Testing, in the agile sense, has been notoriously difficult in the embedded space. The desktop guys have powerful, commodity hardware with plenty of standard development tools. We embedded folks, on the other hand, by definition work on some custom design interfaced to proprietary, often buggy (or not even yet existing) hardware.
But it doesn’t mean that embedded developers cannot dramatically improve Testability of their software. If you truly, seriously think about Testing, you need to bend everything in the project toward the Testing, not the other way around.
Let’s start with the design. Everybody knows that modular software with independently testable pieces is good. The trick, of course, is to build it that way.
The conventional approaches, unfortunately, aren’t helping here. Take for example a traditional RTOS. The natural units of decomposition are tasks. But when you try to unit-test any real-world task, you quickly notice that it is hopelessly intertwined with other tasks by means of semaphores, shared resources, mutexes, condition variables, event flags, message mailboxes, message queues, and so on. Surely, traditional RTOSes provide no shortage of mechanisms to tie the application in a hopeless knot.
Experienced embedded gurus know to be wary of most of the RTOS mechanisms, and strictly build applications around the message-passing paradigm. Strict encapsulation is the name of the game. A task hides all its internal data and resources and communicates with the outside world only by sending and receiving events. Such systems use only a tiny fraction of the RTOS, namely message queues, and have really no need for all the other tricky RTOS mechanisms. Software components designed that way are not only easier to unit-test. They are also safer, more reusable, maintainable, and extensible.

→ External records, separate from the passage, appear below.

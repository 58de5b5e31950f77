//! Iterators of bytes, bytearrays and memoryviews.
use crate::telling::{Told, tells};
use crate::values::{int, none};
use pybuf::{Fault, PyByteArray, PyByteArrayIterator, PyMemoryView, PyMemoryViewIterator};
use std::test::Fail;

#[test]
fn bytes_are_iterated_while_they_are_added(rt: HostRuntime) -> Result<(), Fail> {
    let alloc = rt.alloc();
    let mut array = PyByteArray::from_slice(alloc, b"a")?;
    tells(&rt, array.iter(none(alloc)), Told::Iterator(0));
    let items = PyByteArrayIterator::of(0);
    tells(&rt, items.next(alloc, array.state_mut()), Told::Number(97));
    tells(&rt, array.append(int(98), none(alloc)), Told::Done);
    tells(&rt, items.next(alloc, array.state_mut()), Told::Number(98));
    tells(&rt, items.next(alloc, array.state_mut()), Told::Stop);
    tells(&rt, array.append(int(99), none(alloc)), Told::Done);
    tells(&rt, items.next(alloc, array.state_mut()), Told::Stop);
    let state = array.state_mut();
    let view = PyMemoryView::of_all(state)?;
    tells(&rt, view.iter(state, none(alloc)), Told::Iterator(1));
    let items = PyMemoryViewIterator::of(1);
    tells(&rt, items.next(alloc, state), Told::Number(97));
    tells(&rt, view.exit(state, none(alloc)), Told::Done);
    let refused = items.next(alloc, state);
    tells(&rt, refused, Told::Refused(Fault::Value));
    Ok(())
}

But at this point I need to ask the nagging questions. Why structuring all systems that way is not somehow enforced in the RTOS itself? Why RTOS vendors bend over backwards to keep adding even more ways to couple the tasks?
The second aspect of software development that can make or break any successful Testing strategy is the error and exception handling policy. I’m really amazed how much complexity is added to the code by “defensive programming” techniques that somehow attempt to “handle” erroneous situations that never should have occurred in the first place, like overrunning an array index or dereferencing a NULL-pointer. The problem is that defensive programming hinders Testing… and demoralizes the testers.
You see, defensively written code accepts much wider range of inputs than it should and by doing so hides bugs. Your tests don’t appear to uncover evident errors. Yet such tests don’t build much confidence in the system, because the code might be wondering around all nights and weekends silently sweeping the errors under the rug.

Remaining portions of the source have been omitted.